(Data extracted from a collection)
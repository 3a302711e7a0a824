//! What no clause says of players in a browser: that calls succeed, the bytes of whole talks, and what a wire gives and takes.
//!
//! The handshake and the frames of `Hello` are the examples of the WebSocket protocol's own specification.
#![tactic(auto)]

#[cfg(test)]
mod both;
#[cfg(test)]
mod stream;
#[cfg(test)]
mod talk;
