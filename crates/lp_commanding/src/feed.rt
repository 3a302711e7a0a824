//! Commands are told what was answered, and end.
ghost use Rattle.std.specs.Prelude.{◌≡◌};
ghost use Rattle.lp_cells.specs.Cells.{Store};
ghost use Rattle.lp_commanding.specs.Going.{IsFedThere, IsPopped, LeavesLess, Takes};
ghost use Rattle.lp_commanding.specs.Jobs.{IsAsking};
ghost use Rattle.lp_commanding.specs.declared.job.Fed.{Fed as F};

use crate::job::{Commanding, Fed};
use lp_efuns::caller::Turn;
use lp_values::value::{Value, is_zero};
use lp_world::live::Live;

/// The innermost command runs no longer.
pub(crate) fn pop_command(turn: &mut Turn)
    ensures { IsPopped turn.old turn.new }
{
    turn.commands.pop();
}

/// A command ends with a value, and runs no longer.
fn end_with(turn: &mut Turn, v: Value) -> Fed
    ensures ends { result ≡ F.Ends v }
    ensures popped { IsPopped turn.old turn.new }
{
    pop_command(turn);
    Fed::Ends(v)
}

/// A command is told the value that its question was answered with; the argument is gone from the stack. An answer of an action that is
/// not 0 ends it with 1, and any answer of `catch_tell` with 0: it runs no longer then. Else the next action is to be tried. Takes no memory.
pub fn feed(job: &mut Commanding, live: &Live, turn: &mut Turn, v: Value) -> Fed
    requires asking { IsAsking job.old }
    ensures takes { Takes result job.old v live.now turn.old job.new turn.new }
    ensures less { LeavesLess result job.old job.new }
    ensures there { (cells : Store) → IsFedThere cells result }
{
    if job.is_told {
        return end_with(turn, Value::Int(0));
    }
    if !is_zero(&v, &live.objects) {
        return end_with(turn, Value::Int(1));
    }
    job.left.pop();
    Fed::Goes
}

/// A command ends without an answer, as where its question was stopped: it runs no longer. Takes no memory.
pub fn stop(turn: &mut Turn)
    ensures { IsPopped turn.old turn.new }
{
    pop_command(turn);
}
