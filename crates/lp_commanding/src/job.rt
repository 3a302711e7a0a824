//! Commands of living objects, as they stand between their questions.
use lp_actions::sentence::Sentence;
use lp_efuns::answer::Answer;
use lp_values::id::ObjId;
use lp_values::text::Text;
use lp_values::value::Value;

/// A command of a living object.
#[derive(Drop)]
pub struct Commanding {
    /// The object that carries out the line.
    pub holder: ObjId,
    /// The argument of the line, if it has one.
    pub argument: Option<Text>,
    /// The actions that are left, the next one last. One that was asked is among them until its answer was told.
    pub left: Vec<Sentence>,
    /// Whether the holder was asked for `catch_tell`, since no action did the command.
    pub is_told: bool,
}

/// What a command asks, with one argument.
#[derive(Drop)]
pub enum Question {
    /// The function of an action, in the object that gave it and by its name, as the driver applies it.
    Action(ObjId, Text),
    /// `catch_tell` of the object that carries out the line, as the driver applies it.
    CatchTell(ObjId),
}

/// How a command begins.
#[derive(Drop)]
pub enum Begun {
    /// It ends, and asks nothing.
    Ends(Value),
    /// It goes on as this job.
    Runs(Commanding),
}

/// What a command does next.
#[derive(Drop)]
pub enum Step {
    /// It ends.
    Ends(Value),
    /// It asks, with one argument on top of the stack.
    Asks(Question),
}

/// What a command does with an answer.
#[derive(Drop)]
pub enum Fed {
    /// It goes on.
    Goes,
    /// It ends.
    Ends(Value),
}

/// How the efun `command` begins.
#[derive(Drop)]
pub enum CommandBegun {
    /// It ends, and no line is carried out.
    Ends(Answer),
    /// This object carries out the line, as `this_player()`.
    Runs(ObjId, Text),
}
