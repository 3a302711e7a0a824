//! A stream in memory.
use std::alloc::{AllocError, Global};
use std::io;
use std::io::{ErrorKind, Read, Write};

/// What a client asks with, by the specification of the protocol.
pub const REQUEST: &[u8] =
    b"GET /chat HTTP/1.1\r\nHost: server.example.com\r\nUpgrade: websocket\r\nConnection: Upgrade\r\nSec-WebSocket-Key: dGhlIHNhbXBsZSBub25jZQ==\r\nSec-WebSocket-Version: 13\r\n\r\n";

/// The key with which a server answers that.
pub const ACCEPTED: &[u8] = b"s3pPLMBiTxaQ9kYGzzhZRbK+xOo=";

/// A masked text message `Hello`.
pub const HELLO: &[u8] = b"\x81\x85\x37\xfa\x21\x3d\x7f\x9f\x4d\x51\x58";

/// A stream that gives one listed piece a read, and then ends; it keeps what is written.
#[derive(Drop)]
pub struct Pieces {
    pieces: Vec<Vec<u8>>,
    given: usize,
    pub written: Vec<u8>,
}

impl Pieces {
    /// A stream of these pieces, each of at most 4096 bytes.
    pub fn new(alloc: Global, pieces: &[&[u8]]) -> Result<Pieces, AllocError> {
        let mut own = Vec::new(alloc);
        for piece in pieces {
            own.push(piece.to_vec(alloc)?)?;
        }
        Ok(Pieces {
            pieces: own,
            given: 0,
            written: Vec::new(alloc),
        })
    }
}

impl Read for Pieces {
    fn read(&mut self, buf: &mut [u8]) -> io::Result<usize> {
        let piece = match self.pieces.get(self.given) {
            Some(piece) => piece,
            None => return Ok(0),
        };
        if buf.len() < piece.len() {
            return Err(io::Error::from(ErrorKind::InvalidInput));
        }
        buf[..piece.len()].copy_from_slice(piece.as_slice());
        self.given = self.given.saturating_add(1);
        Ok(piece.len())
    }
}

impl Write for Pieces {
    fn write(&mut self, buf: &[u8]) -> io::Result<usize> {
        match self.written.extend_from_slice(buf) {
            Ok(()) => Ok(buf.len()),
            Err(_) => Err(io::Error::from(ErrorKind::OutOfMemory)),
        }
    }

    fn flush(&mut self) -> io::Result<()> {
        Ok(())
    }
}

/// A frame of a client, masked with four bytes 0: the payload as it is. It has at most 65535 bytes.
pub fn frame(alloc: Global, kind: u8, payload: &[u8]) -> Result<Vec<u8>, AllocError> {
    let mut bytes = Vec::new(alloc);
    bytes.push(kind)?;
    if payload.len() < 126 {
        bytes.push(128 | payload.len() as u8)?;
    } else {
        bytes.push(128 | 126)?;
        bytes.push((payload.len() / 256 % 256) as u8)?;
        bytes.push((payload.len() % 256) as u8)?;
    }
    bytes.extend_from_slice(&[0, 0, 0, 0])?;
    bytes.extend_from_slice(payload)?;
    Ok(bytes)
}
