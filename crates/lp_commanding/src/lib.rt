//! Commands of living objects. Each is a job that tells what it asks, and is told what was answered; and the efun that begins one.
#![tactic(auto)]

pub mod begin;
pub mod efun;
pub mod feed;
pub mod job;
pub mod line;
pub mod next;
mod telling;
mod trying;
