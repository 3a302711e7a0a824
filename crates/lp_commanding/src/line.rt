//! The parts of a line.
ghost use Rattle.std.specs.Prelude.{◌≡◌, ◌≤◌, IfOk, length};
ghost use Rattle.std.specs.List.{prefix_len};
ghost use Rattle.lp_actions.specs.Actions.{argument_in, verb_of};
ghost use Rattle.lp_commanding.specs.Lines.{is_typed};

use lp_values::text::Text;
use std::alloc::{AllocError, Global};

/// Whether a letter may be of a verb: it is no space.
fn is_typed(c: char) -> bool
    ensures { result ≡ is_typed c }
{
    c != ' '
}

/// How many letters of a line are of its verb.
fn verb_len(line: &[char]) -> usize
    ensures within { result ≤ length line.now }
    ensures verb { result ≡ prefix_len is_typed line.now }
{
    let mut n = 0;
    while n < line.len() && is_typed(line[n]) {
        n += 1;
    }
    n
}

/// The verb of a line: what stands before its first space, or all of it. Costs the length of the verb.
pub fn verb_of(line: &[char]) -> &[char]
    ensures { result.now ≡ verb_of line.now }
{
    &line[..verb_len(line)]
}

/// The argument of a line: what stands behind its first space, if it has one.
///
/// # Errors
/// Where memory runs out.
pub fn argument_of(alloc: Global, line: &[char]) -> Result<Option<Text>, AllocError>
    ensures { IfOk result (λ a. a ≡ argument_in line.now) }
{
    let n = verb_len(line);
    if n == line.len() {
        return Ok(None);
    }
    Ok(Some(Text::from_slice(alloc, &line[n + 1..])?))
}
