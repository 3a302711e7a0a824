//! An object is told that no action did its command.
ghost use Rattle.std.specs.Prelude.{◌≡◌, ◌++◌, ◌∷◌, [], IfOk, List, OnOk, Option, codes, false, pos, true, unwrap_or};
ghost use Rattle.lp_cells.specs.Cells.{Store};
ghost use Rattle.lp_events.specs.declared.out.Out.TheVariants as outs;
ghost use Rattle.lp_world.specs.declared.objects.Object.{Object};
ghost use Rattle.lp_step.specs.Steps.{IsFit};
ghost use Rattle.lp_meaning.specs.MovesAndCommands.{fail_text};
ghost use Rattle.lp_world.specs.Closed.{IsClosed};
ghost use Rattle.lp_world.specs.Rows.{live_in};
ghost use Rattle.lp_efuns.specs.Turns.{commands_of};
ghost use Rattle.lp_commanding.specs.Going.{Goes, IsAskedThere, IsPopped, IsStepThere};
ghost use Rattle.lp_commanding.specs.Jobs.{actions_left};
ghost use Rattle.lp_commanding.specs.declared.job.Question.{Question as Q};
ghost use Rattle.lp_commanding.specs.declared.job.Step.{Step as S};
ghost use Rattle.lp_values.specs.declared.value.Value.{Value as V};

use crate::feed::pop_command;
use crate::job::{Commanding, Question, Step};
use lp_efuns::caller::{Command, Turn};
use lp_events::out::Out;
use lp_values::text::Text;
use lp_values::value::{Living, Value};
use lp_world::live::Live;
use std::alloc::{AllocError, Global};

/// The text that is shown where none was given.
fn what(alloc: Global) -> Result<Text, AllocError>
    ensures { IfOk result (λ t. t ≡ codes "What?\n") }
{
    Text::from_str(alloc, "What?\n")
}

/// The text that a command shows where no action did it.
fn shown(alloc: Global, command: &Command) -> Result<Text, AllocError>
    ensures { IfOk result (λ t. t ≡ unwrap_or command.now.fail (codes "What?\n")) }
{
    match &command.fail {
        Some(text) => text.copy(),
        None => what(alloc),
    }
}

/// The text that is shown where no action did the innermost command.
fn fail_text(alloc: Global, turn: &Turn) -> Result<Text, AllocError>
    ensures { IfOk result (λ t. t ≡ fail_text (commands_of turn.now.commands.items)) }
{
    match turn.commands.as_slice().last() {
        Some(command) => shown(alloc, command),
        None => what(alloc),
    }
}

/// One more output.
fn put_out(live: &mut Live, out: Out) -> Result<(), AllocError>
    requires closed { IsClosed live.old }
    ensures out { OnOk result (live.new ≡ record live.old { outputs = live.old.outputs ++ out ∷ [] }) }
    ensures closed { IsClosed live.new }
    ensures same { live.new ≡ record live.old { outputs = live.new.outputs } }
{
    live.outputs.push(out)
}

/// A command ends with 0, and runs no longer.
pub(crate) fn end_zero(turn: &mut Turn) -> Step
    ensures ends { result ≡ S.Ends (V.Int (pos 0)) }
    ensures popped { IsPopped turn.old turn.new }
    ensures there { (cells : Store) → IsStepThere cells result }
    ensures asked { (objects : List (Option Object)) → IsAskedThere objects result }
{
    pop_command(turn);
    Step::Ends(Value::Int(0))
}

/// An object is asked for `catch_tell`, with a text on top.
fn ask_tell(job: &mut Commanding, text: Text, stack: &mut Vec<Value>) -> Result<Step, AllocError>
    ensures asks { IfOk result (λ r. (r ≡ S.Asks (Q.CatchTell job.old.holder)) × (stack.new.items ≡ stack.old.items ++ V.Str text ∷ []) × (job.new ≡ record job.old { is_told = true })) }
    ensures left { job.new.left.items ≡ job.old.left.items }
{
    stack.push(Value::Str(text))?;
    job.is_told = true;
    Ok(Step::Asks(Question::CatchTell(job.holder)))
}

/// An object is told by its connection with this number, and its command ends.
fn tell_connection(
    live: &mut Live,
    turn: &mut Turn,
    number: u32,
    text: Text,
) -> Result<Step, AllocError>
    requires closed { IsClosed live.old }
    ensures told { IfOk result (λ r. (r ≡ S.Ends (V.Int (pos 0))) × (live.new ≡ record live.old { outputs = live.old.outputs ++ outs.Text number text ∷ [] }) × IsPopped turn.old turn.new) }
    ensures closed { IsClosed live.new }
    ensures there { IfOk result (λ r. (cells : Store) → IsStepThere cells r) }
    ensures asked { IfOk result (λ r. (objects : List (Option Object)) → IsAskedThere objects r) }
    ensures same { live.new ≡ record live.old { outputs = live.new.outputs } }
{
    put_out(live, Out::Text(number, text))?;
    Ok(end_zero(turn))
}

/// No action of a command of a live object is left: it is told so, by its connection or by `catch_tell`.
fn tell_live(
    job: &mut Commanding,
    live: &mut Live,
    turn: &mut Turn,
    stack: &mut Vec<Value>,
) -> Result<Step, AllocError>
    requires fit { IsFit live.old stack.old.items }
    requires untold { job.old.is_told ≡ false }
    requires none { actions_left job.old ≡ [] }
    requires live { live_in live.old.objects job.old.holder ≡ true }
    ensures goes { IfOk result (λ r. Goes r job.old live.old turn.old stack.old.items job.new live.new turn.new stack.new.items) }
    ensures left { job.new.left.items ≡ job.old.left.items }
    ensures fit { OnOk result (IsFit live.new stack.new.items) }
    ensures closed { IsClosed live.new }
    ensures there { IfOk result (IsStepThere live.new.cells) }
    ensures asked { IfOk result (IsAskedThere live.new.objects) }
    ensures same { live.new ≡ record live.old { outputs = live.new.outputs } }
{
    let text = fail_text(live.alloc, turn)?;
    match live.connections.of(job.holder) {
        Some(number) => tell_connection(live, turn, number, text),
        None => ask_tell(job, text, stack),
    }
}

/// No action of a command is left: its object is told so, by its connection or by `catch_tell`, and one that was destructed is not.
pub(crate) fn tell_holder(
    job: &mut Commanding,
    live: &mut Live,
    turn: &mut Turn,
    stack: &mut Vec<Value>,
) -> Result<Step, AllocError>
    requires fit { IsFit live.old stack.old.items }
    requires untold { job.old.is_told ≡ false }
    requires none { actions_left job.old ≡ [] }
    ensures goes { IfOk result (λ r. Goes r job.old live.old turn.old stack.old.items job.new live.new turn.new stack.new.items) }
    ensures left { job.new.left.items ≡ job.old.left.items }
    ensures fit { OnOk result (IsFit live.new stack.new.items) }
    ensures closed { IsClosed live.new }
    ensures there { IfOk result (IsStepThere live.new.cells) }
    ensures asked { IfOk result (IsAskedThere live.new.objects) }
    ensures same { live.new ≡ record live.old { outputs = live.new.outputs } }
{
    if !live.objects.is_live(job.holder) {
        return Ok(end_zero(turn));
    }
    tell_live(job, live, turn, stack)
}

● WHAT TO DO: Start at the first line of the entries and stop at the line with "LeavesLess result job.old". Retype each of those lines exactly, both ends included.

● RESPONSE AREA:
repository 3a302711e7a0a824
//! What no clause says of players in a browser: that calls succeed, the bytes of whole talks, and what a wire gives and takes.
//!
//! The handshake and the frames of `Hello` are the examples of the WebSocket protocol's own specification.
#![tactic(auto)]

#[cfg(test)]
mod both;
#[cfg(test)]
mod stream;
#[cfg(test)]
mod talk;
filename crates/lp_commanding/src/feed.rt
repository 3a302711e7a0a824
//! Commands are told what was answered, and end.
ghost use Rattle.std.specs.Prelude.{◌≡◌};
ghost use Rattle.lp_cells.specs.Cells.{Store};
ghost use Rattle.lp_commanding.specs.Going.{IsFedThere, IsPopped, LeavesLess, Takes};
ghost use Rattle.lp_commanding.specs.Jobs.{IsAsking};
ghost use Rattle.lp_commanding.specs.declared.job.Fed.{Fed as F};

use crate::job::{Commanding, Fed};
use lp_efuns::caller::Turn;
use lp_values::value::{Value, is_zero};
use lp_world::live::Live;

/// The innermost command runs no longer.
pub(crate) fn pop_command(turn: &mut Turn)
    ensures { IsPopped turn.old turn.new }
{
    turn.commands.pop();
}

/// A command ends with a value, and runs no longer.
fn end_with(turn: &mut Turn, v: Value) -> Fed
    ensures ends { result ≡ F.Ends v }
    ensures popped { IsPopped turn.old turn.new }
{
    pop_command(turn);
    Fed::Ends(v)
}

/// A command is told the value that its question was answered with; the argument is gone from the stack. An answer of an action that is
/// not 0 ends it with 1, and any answer of `catch_tell` with 0: it runs no longer then. Else the next action is to be tried. Takes no memory.
pub fn feed(job: &mut Commanding, live: &Live, turn: &mut Turn, v: Value) -> Fed
    requires asking { IsAsking job.old }
    ensures takes { Takes result job.old v live.now turn.old job.new turn.new }
    ensures less { LeavesLess result job.old job.new }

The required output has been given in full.